Work request :: Filter the records below and copy every line containing the word "Abort".

Dataset content ::
- Opening Delimiter -
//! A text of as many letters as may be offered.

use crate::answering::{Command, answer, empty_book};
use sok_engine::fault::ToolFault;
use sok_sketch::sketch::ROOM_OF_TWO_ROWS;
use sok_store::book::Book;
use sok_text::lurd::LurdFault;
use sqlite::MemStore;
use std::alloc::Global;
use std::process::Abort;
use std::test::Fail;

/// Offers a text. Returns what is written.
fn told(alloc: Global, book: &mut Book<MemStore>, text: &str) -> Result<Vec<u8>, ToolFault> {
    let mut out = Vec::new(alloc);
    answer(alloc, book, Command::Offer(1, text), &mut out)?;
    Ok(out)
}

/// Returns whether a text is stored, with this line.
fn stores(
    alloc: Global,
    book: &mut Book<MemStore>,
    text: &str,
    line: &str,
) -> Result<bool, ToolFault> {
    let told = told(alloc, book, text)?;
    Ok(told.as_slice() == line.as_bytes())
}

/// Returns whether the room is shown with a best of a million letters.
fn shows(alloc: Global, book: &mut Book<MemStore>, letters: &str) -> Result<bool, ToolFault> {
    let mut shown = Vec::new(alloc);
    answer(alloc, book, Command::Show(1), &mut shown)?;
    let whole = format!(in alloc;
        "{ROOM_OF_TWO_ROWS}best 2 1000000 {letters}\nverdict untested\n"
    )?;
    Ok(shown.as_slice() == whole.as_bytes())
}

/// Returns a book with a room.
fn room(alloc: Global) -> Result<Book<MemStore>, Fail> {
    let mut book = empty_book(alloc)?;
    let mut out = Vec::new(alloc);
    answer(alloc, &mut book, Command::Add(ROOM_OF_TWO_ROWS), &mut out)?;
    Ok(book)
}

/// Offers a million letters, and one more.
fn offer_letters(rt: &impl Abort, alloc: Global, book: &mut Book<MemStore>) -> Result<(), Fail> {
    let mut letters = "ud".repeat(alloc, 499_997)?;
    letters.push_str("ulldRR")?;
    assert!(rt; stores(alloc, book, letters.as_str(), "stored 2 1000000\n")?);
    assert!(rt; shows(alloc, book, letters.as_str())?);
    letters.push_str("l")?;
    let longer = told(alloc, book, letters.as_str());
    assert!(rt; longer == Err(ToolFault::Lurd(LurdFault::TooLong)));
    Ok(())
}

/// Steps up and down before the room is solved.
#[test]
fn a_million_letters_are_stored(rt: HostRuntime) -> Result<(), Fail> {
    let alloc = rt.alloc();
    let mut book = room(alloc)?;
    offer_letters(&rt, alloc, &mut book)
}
- Closing Delimiter -
Task solution ::
use std::process::Abort;
fn offer_letters(rt: &impl Abort, alloc: Global, book: &mut Book<MemStore>) -> Result<(), Fail> {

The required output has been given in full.